The greening man beside the tall fisherman raised his eyebrows.

“My job is to know about such things, you know,” the captain said with no trace of Russian in his perfect, Tidewater, Virginia, accent.

“Oh. Well, I am told that you can tell us about your Soyuz-TM spacecraft. Our people haven’t monitored a word of communications with it in 13 hours. And the shuttle astronauts have monitored electronic fields in the vicinity of Soyuz. I need to know if those impulses are from Soyuz?”
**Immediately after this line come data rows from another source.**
//! That code does go on: its promise alone would hold of code that never makes a step.
use crate::{Add, Binary, Composed, InputLen, Lt, Number, Outermost, Say, Scalar, Set, Then, Word};
use dp_base::{BinOp, CellId, NoMemory, Row, SiteId, VarId};
use dp_native::NativeProgram;
use dp_tree::{Expr, Program, SiteInfo, SiteKind, Stmt, VarInfo, VarScope};
use std::alloc::Global;
use std::marker::PhantomData;
use std::test::Fail;

/// A sum over the input that prints each step of it: `total` is in register 0, and `i` in register 1.
///
/// ```c
/// int total;
/// int main() {
///   int i = 0;
///   while (i < input_len) {
///     total = total + input[i];
///     print(total);
///     i = i + 1;
///   }
/// }
/// ```
type Sum = Then<
    1,
    Set<1, 1, Number<0>>,
    Outermost<
        2,
        3,
        4096,
        2,
        Binary<Lt, Scalar<1>, InputLen>,
        Then<
            1,
            Set<3, 0, Binary<Add, Scalar<0>, Word<Scalar<1>>>>,
            Then<1, Say<4, Scalar<0>>, Set<5, 1, Binary<Add, Scalar<1>, Number<1>>>>,
        >,
    >,
>;

const SITES: u32 = 5;

const TOTAL: VarId = VarId(0);

const I: VarId = VarId(1);

fn code() -> Composed<2, Sum> {
    Composed {
        homes: [0, 1],
        size: 2,
        sites: SITES,
        of: PhantomData,
    }
}

fn scalar(alloc: Global, cell: u32, scope: VarScope) -> VarInfo {
    VarInfo {
        name: Row::new(alloc),
        first: CellId(cell),
        length: 1,
        array: false,
        start: 0,
        scope,
    }
}

/// The three statements of the loop, with this operator in the sum.
fn body(alloc: Global, op: BinOp) -> Result<Row<Stmt>, NoMemory> {
    let word = Expr::input(alloc, Expr::Scalar(I))?;
    let sum = Expr::binary(alloc, op, Expr::Scalar(TOTAL), word)?;
    let next = Expr::binary(alloc, BinOp::Add, Expr::Scalar(I), Expr::Number(1))?;
    let mut body = Row::new(alloc);
    body.push(Stmt::Assign {
        site: SiteId(3),
        var: TOTAL,
        value: sum,
    })?;
    body.push(Stmt::Print {
        site: SiteId(4),
        value: Expr::Scalar(TOTAL),
    })?;
    body.push(Stmt::Assign {
        site: SiteId(5),
        var: I,
        value: next,
    })?;
    Ok(body)
}

/// The program, with this operator in its sum.
fn program(alloc: Global, op: BinOp) -> Result<Program, NoMemory> {
    let mut vars = Row::new(alloc);
    vars.push(scalar(alloc, 0, VarScope::Global))?;
    vars.push(scalar(alloc, 1, VarScope::Outer))?;
    let mut sites = Row::new(alloc);
    for line in 0..SITES {
        sites.push(SiteInfo {
            line,
            kind: SiteKind::Assign,
            region: 0,
        })?;
    }
    let mut main = Row::new(alloc);
    main.push(Stmt::Assign {
        site: SiteId(1),
        var: I,
        value: Expr::Number(0),
    })?;
    main.push(Stmt::While {
        site: SiteId(2),
        cond: Expr::binary(alloc, BinOp::Lt, Expr::Scalar(I), Expr::InputLen)?,
        body: body(alloc, op)?,
    })?;
    Ok(Program {
        vars,
        sites,
        regions: Row::new(alloc),
        functions: Row::new(alloc),
        main,
    })
}

#[test]
fn code_is_that_of_its_own_program_alone(rt: HostRuntime) -> Result<(), Fail> {
    assert!(&rt; code().is(&program(rt.alloc(), BinOp::Add)?));
    assert!(&rt; !code().is(&program(rt.alloc(), BinOp::Sub)?));
    Ok(())
}

/// A run of the code: where it begins, and on what; and then the place and the fuel that are left, and what was printed.
struct Case {
    place: u32,
    input: &'static [i64],
    cells: [i64; 2],
    left: (u32, u64),
    after: [i64; 2],
    prints: &'static [i64],
}

/// With fuel for a hundred steps. The sum takes one step, four a turn, and one for the condition behind the last.
const CASES: [Case; 3] = [
    // to the end
    Case {
        place: 0,
        input: &[5, -2, 4],
        cells: [0, 9],
        left: (SITES, 86),
        after: [7, 3],
        prints: &[5, 3, 7],
    },
    // the second sum overflows: the machine is to make that step
    Case {
        place: 0,
        input: &[i64::MAX, 1],
        cells: [0, 0],
        left: (2, 94),
        after: [i64::MAX, 1],
        prints: &[i64::MAX],
    },
    // from the last statement of the last turn
    Case {
        place: 4,
        input: &[5, -2, 4],
        cells: [7, 2],
        left: (SITES, 98),
        after: [7, 3],
        prints: &[],
    },
];

#[test]
fn code_goes_as_far_as_it_can(rt: HostRuntime) -> Result<(), Fail> {
    for case in &CASES {
        let mut cells = case.cells;
        let mut out = Row::new(rt.alloc());
        let left = code().run(case.place, case.input, &mut cells, 100, &mut out);
        assert_eq!(&rt; left, case.left);
        assert_eq!(&rt; cells, case.after);
        assert_eq!(&rt; out.as_slice(), case.prints);
    }
    Ok(())
}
“Don’t know about that. The disturbances, that is. I do know that Soyuz is a military version of the spacecraft. So she must be using a laser beam of her own to communicate with our ground stations and tracking ships. It’s like your submarine laser.”

“You have done your job well, Nikolai,” the seasick guest said weakly.

“Yes.”

The two men rolled on rough seas for a long silence. They cruised past Willoughby Bay just past the navy yard on the Jennifer Lee’s left.

“I shall miss it here,” the fisherman sighed loudly. “These people are like my own kind: hungry, poor, and hard. Their handshakes have always been good.”

The man from Washington said nothing. His hand covered his mouth on his ashen face.

“Yes, I like it here. How strange, now: my country is losing the Balkans, and I shall lose your beautiful Chesapeake Bay. Oh well, the shellfish are almost all gone now. And what’s left are poison.”

The Jennifer Lee steered toward a row of wharves where dozens of little boats were moored. The air was heavy with the stench of rotted fish in freezing salt air.

“Can you make a living fishing, Nikolai?” the nauseous man inquired between stomach convulsions in the rough sea close to the docks.

“Yes,” the boatman said firmly. “I certainly can’t do my other job after today.”

Just shy of the clapboard dock, the big seaman turned to face his sickly passenger who had been dropped off 15 minutes earlier by a Coast Guard cutter.

“What will you do, Nikolai, when the oyster beds run dry?”

On the dock, two black cars with government plates waited.

“Fish for something else. My people have always been fishermen.”

The Jennifer Lee banged gently into the dock.